The EGFR p.C797S mutation is an excellent example of the current direction of genomic research focusing on cancer, precision therapies, and drug resistance mechanisms. However, many of the variants experiencing a similar burst in citations within the last few years are found to be involved in constitutional diseases (generally defined as pathological lesions whose etiology depends to a significant degree upon the action of genetic factors), particularly Alzheimer disease/dementia and Parkinson’s disease.

Genes and variants identified with greatly increased presence in the genomic literature include:

  • With an increasing focus on neurodegenerative disease, neuropsychiatric, and other disorders:
    • PARK2VPS35, and SNCA: variants in three genes implicated in the pathogenesis of Parkinson’s disease
    • MAPT and TREM2: variants in genes implicated in the risk for and prognosis of Alzheimer disease
    • NUDT15 R139C: a variant associated with thiopurine-induced hair loss and leukopenia in the treatment of inflammatory bowel disease (Kakuta et al.,2016).
    • SLC10A1 S267F: a variant associated with a decreased risk of cirrhosis and hepatocellular carcinoma in patients with chronic hepatitis B infection (Hu et al., 2016)
  • Other notable variants, some of which are associated with cancer, include:
    • RAD51 G151D: a variant associated with a novel hyper-recombination phenotype and resistance to select DNA damaging agents (Marsden et al., 2016)
    • MITF E318K: a germ-line variant associated with an increased risk of developing melanoma (Potrony et al., 2016)
    • SF3B1 K700E: a variant associated with impaired erythropoiesis in myelodysplastic syndrome (Obeng et al., 2016)

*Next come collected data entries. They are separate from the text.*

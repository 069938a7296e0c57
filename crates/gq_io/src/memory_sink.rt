// Sinks in memory.
ghost use Rattle.std.specs.Prelude.{◌≡◌, [], ◌++◌, Some, ◌<◌, ◌≤◌, ◌↔◌, min, length, take, IfOk, OnOk, OnErr, IsErrOf, IsTrue};
ghost use Rattle.gq_io.specs.Schedule.{is_due, called};
ghost use Rattle.gq_io.specs.Devices.{planned, unplanned};

use crate::schedule::Calls;
use crate::sink::{Sink, SinkFault};
use gq_base::OutOfMemory;
use std::alloc::Global;
use std::marker::Model;

/// A sink in memory that never fails. Contracts see the bytes written, and the maximum number of bytes of one write.
#[derive(Drop)]
pub struct SureSink {
    bytes: Vec<u8>,
    most: usize,
}

impl Model for SureSink {
    ghost use Rattle.std.specs.Prelude.{◌<◌};
    ghost use Rattle.gq_io.specs.Devices.{SureState};

    ghost Value = { SureState };

    ghost view = { λ s. record { written = s.bytes.items; most = s.most } };

    ghost invariant = { λ s. 0 < s.most };
}

impl SureSink {
    /// Returns an empty sink of which each write takes at most `most` bytes.
    pub fn new(alloc: Global, most: usize) -> Self
        requires { 0 < most }
        ensures { result ≡ record { written = []; most = most } }
    {
        let bytes = Vec::new(alloc);
        SureSink { bytes, most }
    }

    /// The bytes that were written.
    pub fn bytes(&self) -> &[u8]
        ensures { result.now ≡ self.now.written }
    {
        &self.bytes
    }
}

impl Sink for SureSink {
    ghost written = { λ s. Some s.written };

    ghost faults = { λ _. 0 };

    /// Takes as many bytes of the piece as one write may take.
    fn write(&mut self, piece: &[u8]) -> Result<usize, SinkFault>
        ensures count { IfOk result (λ n. n ≡ min (length piece.now) self.old.most) }
        ensures taken { IfOk result (λ n. self.new ≡ record self.old { written = self.old.written ++ take n piece.now }) }
        ensures kept { OnErr result (self.new ≡ self.old) }
        ensures sure { IsErrOf result SinkFault.Failed → ⊥ }
        ensures some { IfOk result (λ n. 0 < length piece.now → 0 < n) }
    {
        let count = piece.len().min(self.most);
        match self.bytes.extend_from_slice(&piece[..count]) {
            Ok(()) => Ok(count),
            Err(_) => Err(SinkFault::OutOfMemory),
        }
    }
}

/// A sink in memory; the writes that `fail_at` named fail.
#[derive(Drop)]
pub struct MemorySink {
    sink: SureSink,
    calls: Calls,
}

impl Model for MemorySink {
    ghost use Rattle.gq_io.specs.Devices.{SinkState};

    ghost Value = { SinkState };

    ghost view = { λ s. record { written = s.sink.written; most = s.sink.most; schedule = s.calls } };
}

impl MemorySink {
    /// Returns an empty sink of which each write takes at most `most` bytes, and none is to fail.
    pub fn new(alloc: Global, most: usize) -> Self
        requires { 0 < most }
        ensures { result ≡ record { written = []; most = most; schedule = unplanned } }
    {
        MemorySink {
            sink: SureSink::new(alloc, most),
            calls: Calls::new(alloc),
        }
    }

    /// Makes the write with this number, counted from 1, fail.
    pub fn fail_at(&mut self, call: u64) -> Result<(), OutOfMemory>
        ensures ok { OnOk result (self.new ≡ record self.old { schedule = planned self.old.schedule call }) }
        ensures err { OnErr result (self.new ≡ self.old) }
    {
        self.calls.fail_at(call)
    }

    /// The bytes that were written.
    pub fn bytes(&self) -> &[u8]
        ensures { result.now ≡ self.now.written }
    {
        self.sink.bytes()
    }
}

impl Sink for MemorySink {
    ghost written = { λ s. Some s.written };

    ghost faults = { λ s. s.schedule.faults };

    /// Takes as many bytes of the piece as one write may take, except at a named call.
    fn write(&mut self, piece: &[u8]) -> Result<usize, SinkFault>
        ensures count { IfOk result (λ n. n ≡ min (length piece.now) self.old.most) }
        ensures taken { IfOk result (λ n. self.new ≡ record self.old { written = self.old.written ++ take n piece.now; schedule = called self.old.schedule }) }
        ensures kept { OnErr result (self.new ≡ record self.old { schedule = called self.old.schedule }) }
        ensures some { IfOk result (λ n. 0 < length piece.now → 0 < n) }
        ensures faults_stay { self.old.schedule.faults ≤ self.new.schedule.faults }

        // It fails, and counts the failure, exactly at the named calls.
        ensures failed { IsErrOf result SinkFault.Failed ↔ IsTrue (is_due self.old.schedule) }
    {
        if self.calls.count() {
            return Err(SinkFault::Failed);
        }
        self.sink.write(piece)
    }
}
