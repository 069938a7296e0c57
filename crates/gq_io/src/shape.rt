// How a block's work is divided.

/// How the work of a block is divided among workers. It affects speed, and never a result.
#[derive(Clone, Copy, Debug, PartialEq, Eq)]
pub struct Shape {
    /// The number of workers that run a block: 1 to 64.
    pub workers: u32,

    /// The number of candidates that a worker takes at a time: 1 to 1,048,576.
    pub chunk: u64,

    /// The number of parts of a book of accumulators, each with its own lock: 1 to 256. Blocks feed in order and need
    /// none.
    pub stripes: u32,
}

Genomenon, through the use of its Mastermind database, was able to demonstrate how the genomic literature has been changing over the recent years, from the consistency of research involving widely known variants such as BRAF p.V600E to the substantial bursts of research describing newly discovered variants. Furthermore, it’s clear that the current field of genomic research is skewed toward cancer research with a recent focus on the development of targeted therapeutics. However, while cancer research seems to dominate, the recent trend towards increased publication of variants affecting constitutional diseases such as Alzheimer and Parkinson’s diseases may foreshadow the emergence of personalized therapies for treatment of such diseases.